Marr effectively argues normativity:

"... gone is any explanation in terms of neurons—except as a way of implementing a method. And present is a clear understanding of what is to be computed, how it is to be done, the physical assumptions on which the method is to be based, and some kind of analysis of algorithms that are capable of carrying it out."

It is important to make the distinction between different levels of understanding something (an information processing system) explicit.

Understanding that an abstract, mathematical description of the brain as an information-processing system is part of understanding the brain as a whole, one can rationally study

  • what is being processed,
  • why it is being processed,
  • how it is processed,
  • and whether or not processing it that way is optimal.

A representation is a formal system for making explicit certain entities or types of information, together with a specification of how the system does this.

And I shall call the result of using a representation to describe a given entity a description of the entity in that representation.

Any type of representation makes certain information explicit at the expense of information that is pushed into the background and may be quite hard to recover.

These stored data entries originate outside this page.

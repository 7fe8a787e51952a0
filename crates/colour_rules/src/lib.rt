//! One node of the colouring, pulse by pulse: which messages may come, which message the node refuses, and how it
//! computes its next colours and messages.
//!
//! The rounds are defined in `specs`: `Table` says which payload is due in which phase from which port, `Refusals` says
//! which broken rule is reported, `Choice` and `Program` say what a node does, and `next` of `Program` is a whole
//! pulse. `colour_laws` proves what these rounds do on a whole network. The code here is one node, from which
//! `colour_program` makes a program of nodes:
//!
//! ```text
//! let mut node = ColourNode::make(alloc, &net, v)?;
//! node.greet(&mut out);                                              // pulse 0
//! let idle = node.pulse(pulse, &mut inbox, &mut out)?; // each later pulse
//! ```
//!
//! A pulse that is not refused returns a range of later pulses in which the node does nothing if nothing comes, so that
//! a caller may leave these pulses out.
//!
//! The forests are from A. Panconesi and R. Rizzi, Some simple distributed algorithms for sparse networks, 2001. The
//! way to merge them is this project's own.
//!
//! Limits: degree 1,023, and so 1,023 forests; 1,024 barred channels of a node, and so colours 0 to 2,047. Only `make`
//! gets an allocator.
#![tactic(auto)]

mod colours;
mod hear;
mod idle;
pub mod laws;
mod merge;
mod node;
mod numbers;
mod payload;
mod phase;
mod ports;
mod pulse;
pub mod rules;
mod shown;
mod table;
mod taken;
mod tell;
mod turning;
mod work;

pub use idle::IdlePulses;
pub use node::ColourNode;
pub use numbers::{Long, Short};
pub use payload::Payload;
pub use phase::{FIRST_MERGE, Phase, Reduction, Schedule};
pub use taken::barred_set;
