//! What a node shows of its colours after a pulse, to those who write its rounds down.
ghost use Rattle.std.specs.Prelude.{◌≡◌, ◌<◌, slice_index, slice_index_or};
ghost use Rattle.forests.specs.declared.numbering.Role.TheVariants.{Unknown};
ghost use Rattle.colour_rules.specs.Choice.{chooses};
ghost use Rattle.colour_rules.specs.Node.{ports};

use crate::node::ColourNode;
use cole_vishkin::Identifier;
use forests::Role;

impl ColourNode {
    /// How many forests there are.
    pub fn forests(&self) -> u16
        ensures { result ≡ self.now.sizes.forests }
    {
        self.forests
    }

    /// The node's colour in a forest.
    pub fn forest_colour(&self, forest: u16) -> Identifier
        requires forest { forest < self.now.sizes.forests }
        ensures { result ≡ slice_index self.now.colours forest }
    {
        self.colours.own(self.id, forest)
    }

    /// How many ports the node has.
    pub fn degree(&self) -> u32
        ensures { result ≡ ports self.now }
    {
        self.roles.len() as u32
    }

    /// What a port is to the node.
    pub fn role(&self, port: u32) -> Role
        requires port { port < ports self.now }
        ensures { result ≡ slice_index_or self.now.roles port Unknown }
    {
        self.roles[port as usize]
    }

    /// Whether the node, after this step of the merging of a forest, is one of those that chose at it: its three-colour
    /// and its old colour are the pair of the step.
    pub fn chose_at(&self, forest: u16, step: u32) -> bool
        requires forest { forest < self.now.sizes.forests }
        ensures { result ≡ chooses self.now forest step }
    {
        let (three, old) = self.schedule().pair(step);
        self.colours.own(self.id, forest) == Identifier::from(three)
            && u32::from(self.colour_before) == old
    }
}
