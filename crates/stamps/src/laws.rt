//! What holds of stamped entries. Each law is a function that does nothing: its contract is the law.

ghost use Rattle.std.specs.Prelude.{ℕ, List};
ghost use Rattle.interference.specs.Net.{IsNetwork, IsVertex, Net};
ghost use Rattle.wires.specs.declared.stamped.Stamped.{Stamped};
ghost use Rattle.entries.specs.declared.rows.StampedEntry.{StampedEntry};
ghost use Rattle.stamps.specs.Keeps.{KeepsStamps};
ghost use Rattle.stamps.specs.Laws.{EventsKeepStamps};
ghost use Rattle.stamps.specs.Stamps.{Rises};

/// A node keeps its stamps by each event, if the event is stamped by its counter.
pub fn events_keep_stamps<M>()
    ensures law { (net : Net) → IsNetwork net → (v : ℕ) → IsVertex net v → EventsKeepStamps M net v }
{}

/// The stamps of a node that keeps them rise, as `order` asks.
pub fn kept_stamps_rise<M>()
    ensures law { (net : Net) (v counter : ℕ) (puts takens : ℕ → List (Stamped M)) (entries : List (StampedEntry M))
        → KeepsStamps net v counter puts takens entries → Rises entries }
{}
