//! Whether stamps rise.

ghost use Rattle.std.specs.Prelude.{◌↔◌, All, IsTrue};
ghost use Rattle.stamps.specs.Stamps.{Rises};

use entries::StampedEntry;

// Whether the stamps of one list rise.
fn list_rises<T: Copy>(entries: &[StampedEntry<T>]) -> bool
    ensures { IsTrue result ↔ Rises entries.now }
{
    for i in 1..entries.len() {
        if entries[i].stamp <= entries[i - 1].stamp {
            return false;
        }
    }
    true
}

/// Whether the stamps of each list rise, as `order` asks. Those of an empty list do.
pub fn rising<T: Copy>(lists: &[Vec<StampedEntry<T>>]) -> bool
    ensures rising { IsTrue result ↔ All (λ list. Rises list.items) lists.now }
{
    for list in lists {
        if !list_rises(list) {
            return false;
        }
    }
    true
}
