//! The colouring as a program of nodes.
ghost use Rattle.std.specs.Prelude.{◌≡◌, OnErr, length};
ghost use Rattle.node_api.specs.Boxes.{nothing};
ghost use Rattle.node_api.specs.Program.{Matches};
ghost use Rattle.colour_rules.specs.Node.{ports};
ghost use Rattle.colour_rules.specs.Program.{next};

use colour_rules::{ColourNode, FIRST_MERGE, IdlePulses, Payload};
use interference::{Memory, Network};
use node_api::{Inbox, NodeProgram, Outbox, Refused};
use std::alloc::Global;
use std::marker::Model;

/// A node of the colouring, as a program of nodes. Contracts see the `Node` of `colour_rules`.
pub struct Colouring {
    // The pulses of which the node knows already that it does nothing if nothing comes.
    idle: IdlePulses,
    node: ColourNode,
}

impl Drop for Colouring {
    fn drop(self) {
        let Colouring { idle: _, node: _ } = self;
    }
}

impl Model for Colouring {
    ghost use Rattle.colour_rules.specs.Node.{Node};
    ghost use Rattle.colour_rules.specs.Stored.{node_code};
    ghost use Rattle.colour_rules.specs.Idle.{IsWaiting};

    ghost Value = { Node };

    ghost coded = { node_code };

    ghost view = { λ a. a.node };

    ghost invariant = { λ a. IsWaiting a.node a.idle };
}

impl Colouring {
    /// The node's colour so far: the least that isn't barred before its first choice, and its colour once the rounds
    /// are over.
    pub fn colour(&self) -> u16
        ensures { result ≡ self.now.merged }
    {
        self.node.colour()
    }

    // A pulse of which the node hasn't only to hear. Never inlined, so that an engine's loop has nothing of it but the
    // call.
    #[inline(never)]
    fn take_pulse(
        &mut self,
        pulse: u32,
        inbox: &Inbox<Payload>,
        out: &mut Outbox<Payload>,
    ) -> Result<(), Refused>
        requires inbox { length inbox.now.slots ≡ ports self.old }
        requires out { out.old ≡ nothing (ports self.old) }
        ensures answer { Matches result (next self.old pulse inbox.now.slots) (self.new, out.new) }
        ensures refused { OnErr result ((self.new ≡ self.old) × (out.new ≡ out.old)) }
    {
        self.idle = self.node.pulse(pulse, inbox, out)?;
        Ok(())
    }

    /// The node of the colouring.
    pub fn node(&self) -> &ColourNode
        ensures { result.now ≡ self.now }
    {
        &self.node
    }
}

impl NodeProgram for Colouring {
    ghost use Rattle.colour_rules.specs.Program.{colouring};
    ghost use Rattle.colour_laws.proofs.Rounds.{rounds_are_program};

    type Payload = Payload;

    ghost program = { colouring };

    ghost laws = { rounds_are_program };

    fn last_pulse(net: &Network) -> u32 {
        FIRST_MERGE - 1
            + net.forest_count() * (3 * (net.greatest_degree() + net.greatest_bars() + 1))
    }

    fn make(alloc: Global, net: &Network, v: u32) -> Result<Self, Memory> {
        let node = ColourNode::make(alloc, net, v)?;
        Ok(Colouring {
            idle: IdlePulses::none(),
            node,
        })
    }

    fn init(&mut self, out: &mut Outbox<Payload>) {
        self.node.greet(out);
    }

    fn pre_step(&mut self, _pulse: u32) {}

    fn handle_messages(
        &mut self,
        pulse: u32,
        inbox: &mut Inbox<Payload>,
        out: &mut Outbox<Payload>,
    ) -> Result<(), Refused> {
        if self.node.hear(self.idle, pulse, inbox) {
            return Ok(());
        }
        self.take_pulse(pulse, inbox, out)
    }

    fn post_step(&mut self, _pulse: u32) {}

    fn rests_until(&self, pulse: u32) -> u32 {
        if self.idle.from <= pulse.saturating_add(1) {
            self.idle.to
        } else {
            0
        }
    }
}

The underlying task in vision is to "reliably derive properties of the world from images of it".

Representation, algorithm, and hardware depend on each other and, critically, on the demands of the task.

The three levels at which any information-processing system needs to be understood are

  • computational theory
  • representation and algorithm
  • hardware implementation

According to Marr, the computational theory of an information-processing system is the theory of what it does, why it does what it does and "what is the logic of the strategy by which" what it does can be done.

Neurophysiology can help us understand the representations. Otherwise it is mainly concerned with the implementational side of the study of the brain as an information-processing system. Neurophysiological knowledge is hard to interpret in terms of algorithms and representations especially without a clear understanding of the task (ie. the computational theory).

Psychophysical results can inform the study of algorithms and representations.

A heuristic program that solves some task is not a theory of that task! Theoretical analysis of the task and its domain is necessary!

Marr speaks of vision as one process, whose task is to generate `a useful description of the world'. However, there is more than one actual goal of vision (though they share similar properties) and thus there are different representations and algorithms being used in the different parts of the brain concerned with these goals.

Marr writes: "The usefulness of a representation depends upon how well suited it is to the purpose for which it is used". That's pure embodiment.

When studying an information-processing system, and given a computational theory of it, algorithms and representations for implementing it can be designed, and their performance can be compared to that of natural processing.

If the performance is similar, that supports our computational theory.